4. Garbage collector workqueue.
Changes since V6:
- Handle -EPERM from drm_gpusvm_range_find_or_insert() by retrying
with read_only=true to respect RO VMA permissions.
- Reset read_only flag per iteration in the mapping loop.
- Simplify attr change trigger dispatch: remove XNACK off paths,
only PREFETCH drives mapping in XNACK on mode.
- Change Kconfig default from y to n.
- Adapt VM fault dispatch to latest amdgpu_vm.c with exclusive
SVM/KFD path selection.
- Fix coding style: line length, block comment alignment, spacing.
- Remove inline comments from ATTR_BIT defines.
- Use max_t/min_t for mixed-type granularity alignment in fault
handler.
Changes since V5:
- Get PTE flags per DMA segment, stop caching on svm_range.
- attr_pte_flags() now takes enum drm_interconnect_protocol.
- Add AMDGPU_INTERCONNECT_VRAM / _P2P tags in amdgpu_svm.h.
- Rework zap_ptes to take explicit page range.
- Add amdgpu_svm_range_evict(): devmem-aware wrapper around
drm_gpusvm_range_evict.
- get_pages(): fall back to evict on -EOPNOTSUPP.
- Simplify cover letter design content.
Changes since V4:
- Preserve attributes when unmap, GC only removes GPU ranges.
- struct amdgpu_vm now holds a pointer to struct amdgpu_svm.
- UAPI: Remove AMDGPU_SVM_ATTR_GPU_ALWAYS_MAPPED.
- UAPI: Add AMDGPU_SVM_OP_RESET_ATTR to reset attributes to defaults.
- Add amdgpu_svm_lock()/unlock()/assert_locked() inline wrappers.
- Add amdgpu_svm_attr_check_vm_bo() for SVM/BO overlap detection.
- Refactor attr change model.
- Remove ATTR_ONLY/RANGE_SPLIT triggers.
Changes since V3:
- UAPI: Merge ACCESS/ACCESS_IN_PLACE/NO_ACCESS into a single
AMDGPU_SVM_ATTR_ACCESS attribute with enum amdgpu_ioctl_svm_access
(INACCESSIBLE/IN_PLACE/ALLOW_MIGRATE).
- UAPI: Replaced SET_FLAGS/CLR_FLAGS with per-flag boolean attribute
types: HOST_ACCESS, COHERENT, EXT_COHERENT, HIVE_LOCAL, GPU_RO,
GPU_EXEC, GPU_READ_MOSTLY, GPU_ALWAYS_MAPPED.
- UAPI: Replaced all #define constants with C enums.
- Add UAPI documentation with kerneldoc comments in amdgpu_drm.h.
- Moved flag bits from UAPI AMDGPU_SVM_FLAG_* to internal
AMDGPU_SVM_ATTR_BIT_* bitmap.

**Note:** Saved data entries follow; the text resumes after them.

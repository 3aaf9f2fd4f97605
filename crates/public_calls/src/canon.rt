//! Calls and types of `life_canon`.

ghost use Rattle.std.specs.Prelude.{◌≡◌, ◌≤◌, ◌^◌, false};
ghost use Rattle.life_canon.specs.Words.{AreWorking, IsTrimmed, Stands};

use life_base::{Fault, Rule, Sink, Source};
use life_canon::{
    Pattern, Reader, canon, number, read, run_canon, run_canon_within, same, show, to_rle,
};
use life_mc::McFile;
use life_quad::{Id, Shared};
use std::alloc::Global;

pub fn pattern_fields(pattern: Pattern) -> (Rule, u64, Id) {
    let Pattern {
        rule,
        generation,
        root,
    } = pattern;
    (rule, generation, root)
}

pub fn pattern_made(rule: Rule, generation: u64, root: Id) -> Pattern {
    Pattern {
        rule,
        generation,
        root,
    }
}

pub fn pattern_read(alloc: Global, store: &mut Shared, bytes: &[u8]) -> Result<Pattern, Fault> {
    read(alloc, store, bytes)
}

pub fn numbered(alloc: Global, store: &Shared, pattern: &Pattern) -> Result<McFile, Fault>
    requires { IsTrimmed store.now pattern.now }
{
    number(alloc, store, pattern)
}

pub fn canonical(alloc: Global, store: &mut Shared, bytes: &[u8]) -> Result<Vec<u8>, Fault> {
    canon(alloc, store, bytes)
}

pub fn are_same(alloc: Global, store: &mut Shared, a: &[u8], b: &[u8]) -> Result<bool, Fault> {
    same(alloc, store, a, b)
}

pub fn as_rle(alloc: Global, store: &mut Shared, bytes: &[u8]) -> Result<Vec<u8>, Fault> {
    to_rle(alloc, store, bytes)
}

pub fn show_file(alloc: Global, store: &mut Shared, bytes: &[u8]) -> Result<Vec<u8>, Fault> {
    show(alloc, store, bytes)
}

pub fn canon_run<R: Source, W: Sink>(
    alloc: Global,
    store: &mut Shared,
    reader: &mut R,
    writer: &mut W,
) -> Result<(), Fault>
    requires { AreWorking R.failures W.failures W.stalled reader.old writer.old }
{
    run_canon(alloc, store, reader, writer)
}

pub fn canon_run_within<R: Source, W: Sink>(
    alloc: Global,
    store: &mut Shared,
    reader: &mut R,
    writer: &mut W,
    most: u64,
) -> Result<(), Fault>
    requires working { AreWorking R.failures W.failures W.stalled reader.old writer.old }
    requires bound { most ≤ 2 ^ 30 }
{
    run_canon_within(alloc, store, reader, writer, most)
}

pub fn reader_new(alloc: Global) -> Reader {
    Reader::new(alloc)
}

pub fn reader_feed(reader: &mut Reader, store: &mut Shared, piece: &[u8]) -> Result<(), Fault>
    requires { reader.old.spent ≡ false → Stands store.old reader.old }
{
    reader.feed(store, piece)
}

pub fn reader_finish(reader: Reader, store: &mut Shared) -> Result<Pattern, Fault>
    requires { reader.spent ≡ false → Stands store.old reader }
{
    reader.finish(store)
}
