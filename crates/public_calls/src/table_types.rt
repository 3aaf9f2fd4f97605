//! Types of `life_table`.

ghost use Rattle.life_table.specs.Valid.{IsSoundTable};

use life_base::{Items, Name, State};
use life_table::{Entry, Neighborhood, Neighbours, Symmetry, Table, Transition, Var};

/// `vars` and `lines` are small types over vectors, which they give back.
pub fn table_fields(
    table: Table,
) -> (Name, u16, Neighborhood, Symmetry, Vec<Var>, Vec<Transition>) {
    let Table {
        name,
        n_states,
        neighborhood,
        symmetry,
        vars,
        lines,
    } = table;
    (
        name,
        n_states,
        neighborhood,
        symmetry,
        vars.into_vec(),
        lines.into_vec(),
    )
}

pub fn table_made(
    name: Name,
    n_states: u16,
    neighborhood: Neighborhood,
    symmetry: Symmetry,
    vars: Vec<Var>,
    lines: Vec<Transition>,
) -> Table
    requires { IsSoundTable n_states neighborhood symmetry vars.items lines.items }
{
    Table {
        name,
        n_states,
        neighborhood,
        symmetry,
        vars: Items::from_vec(vars),
        lines: Items::from_vec(lines),
    }
}

pub fn var_made(name: Vec<u8>, states: [u64; 4]) -> Var {
    Var {
        name: Items::from_vec(name),
        states,
    }
}

pub fn transition_made(line: u64, inputs: Vec<Entry>, output: Entry) -> Transition {
    Transition {
        line,
        inputs: Items::from_vec(inputs),
        output,
    }
}

pub fn neighbours_variants(around: Neighbours) -> bool {
    match around {
        Neighbours::Four(_) => true,
        Neighbours::Eight(_) => false,
    }
}

pub fn neighborhood_variants(neighborhood: Neighborhood) -> bool {
    match neighborhood {
        Neighborhood::VonNeumann => true,
        Neighborhood::Moore => false,
    }
}

pub fn symmetry_variants(symmetry: Symmetry) -> u8 {
    match symmetry {
        Symmetry::Identity => 0,
        Symmetry::Rotate4 => 1,
        Symmetry::Rotate4Reflect => 2,
        Symmetry::ReflectHorizontal => 3,
        Symmetry::Permute => 4,
        Symmetry::Rotate8 => 5,
        Symmetry::Rotate8Reflect => 6,
    }
}

pub fn var_fields(var: Var) -> (Vec<u8>, [u64; 4]) {
    let Var { name, states } = var;
    (name.into_vec(), states)
}

pub fn transition_fields(transition: Transition) -> (u64, Vec<Entry>, Entry) {
    let Transition {
        line,
        inputs,
        output,
    } = transition;
    (line, inputs.into_vec(), output)
}

pub fn fixed(state: State) -> Entry {
    Entry::Fixed(state)
}

pub fn var(number: u64) -> Entry {
    Entry::Var(number)
}

pub fn entry_variants(entry: Entry) -> bool {
    match entry {
        Entry::Fixed(_) => true,
        Entry::Var(_) => false,
    }
}

pub fn four(cells: [State; 5]) -> Neighbours {
    Neighbours::Four(cells)
}

pub fn eight(cells: [State; 9]) -> Neighbours {
    Neighbours::Eight(cells)
}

Added attr_flag_type_to_bit() helper.
- Removed AMDGPU_SVM_VALID_FLAG_MASK and flags_or.
- Condensed commit messages and cover letter content.
Changes since V2:
- Add version tittle in commit message.
- Fix some content mistaken.
Changes since V1:
- Added GPU fault handler (amdgpu_svm_handle_fault) with PASID-based
SVM lookup: GC -> find_or_insert -> get_pages -> GPU map.
- Removed restore worker queue; GPU fault recreates ranges on demand.

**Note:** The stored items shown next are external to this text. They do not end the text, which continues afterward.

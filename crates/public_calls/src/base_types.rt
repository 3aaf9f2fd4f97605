//! Types of `life_base`.

use life_base::{Cell, Fault, Kind, LifeRule, Near, Place, Rule, State, StepFault};

pub fn state_is_a_byte(byte: u8) -> State {
    byte
}

pub fn rule_variants(rule: Rule) -> bool {
    match rule {
        Rule::Life(_) => true,
        Rule::Named(_) => false,
    }
}

pub fn life_rule_fields(rule: LifeRule) -> (u16, u16, Near) {
    let LifeRule {
        births,
        survivals,
        near,
    } = rule;
    (births, survivals, near)
}

pub fn life_rule_made() -> LifeRule {
    LifeRule {
        births: 8,
        survivals: 12,
        near: Near::Moore,
    }
}

pub fn near_variants(near: Near) -> bool {
    match near {
        Near::Moore => true,
        Near::VonNeumann => false,
    }
}

pub fn fault_made(line: u64, kind: Kind) -> Fault {
    Fault {
        place: Place { line },
        kind,
    }
}

pub fn fault_fields(fault: Fault) -> (u64, Kind) {
    let Fault { place, kind } = fault;
    let Place { line } = place;
    (line, kind)
}

pub fn step_fault_is_fault(fault: Fault) -> StepFault {
    fault
}

pub fn cell_made(x: i64, y: i64, state: State) -> Cell {
    Cell { x, y, state }
}

pub fn kind_variants(kind: Kind) -> u8 {
    match kind {
        Kind::NoHeader => 1,
        Kind::BadHeader => 2,
        Kind::BadRule => 3,
        Kind::BoundedGrid => 4,
        Kind::UnsupportedRule => 5,
        Kind::BirthOnZero => 6,
        Kind::BadNumber => 7,
        Kind::TooLarge => 8,
        Kind::BadItem => 9,
        Kind::ZeroCount => 10,
        Kind::StateRange => 11,
        Kind::OutOfPlane => 12,
        Kind::LateHeader => 13,
        Kind::SecondHeader => 14,
        Kind::BadNode => 15,
        Kind::BadLevel => 16,
        Kind::BadChild => 17,
        Kind::BadLeaf => 18,
        Kind::Timeline => 19,
        Kind::LineTooLong => 20,
        Kind::Full => 21,
        Kind::Memory => 22,
        Kind::Spent => 23,
        Kind::NoRuleLine => 31,
        Kind::NoTable => 32,
        Kind::BadDescriptor => 33,
        Kind::UnsupportedNeighborhood => 34,
        Kind::UnsupportedSymmetry => 35,
        Kind::BadVariable => 36,
        Kind::BadTransition => 37,
        Kind::UnboundOutput => 38,
        Kind::NotQuiet => 39,
        Kind::RuleMismatch => 41,
        Kind::NeedsTable => 42,
        Kind::Ambiguous => 43,
        Kind::TooManyCells => 44,
        Kind::GenerationTooLarge => 45,
        Kind::StateBeyondTable => 46,
        Kind::ReadFault => 51,
        Kind::WriteFault => 52,
        Kind::InputTooLong => 53,
    }
}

GC simplified to discard-only, no rebuild/restore logic.
- Reworked MMU notifier to two-phase model: event_begin() zaps PTEs
and flushes TLB, event_end() unmaps DMA and queues UNMAP to GC.
Removed begin_restore/end_restore and NOTIFIER flag dispatch.
- Added invalidate_interval() for attribute boundary realignment
when sub-region attribute changes cross existing GPU ranges.
- On MMU_NOTIFY_UNMAP, discard all affected ranges entirely;
attribute layer preserves valid attrs, fault recreates on demand.
- Added unregistered address attribute derivation from VMA properties
for ROCm compatibility (kfd/rocr/hip tests).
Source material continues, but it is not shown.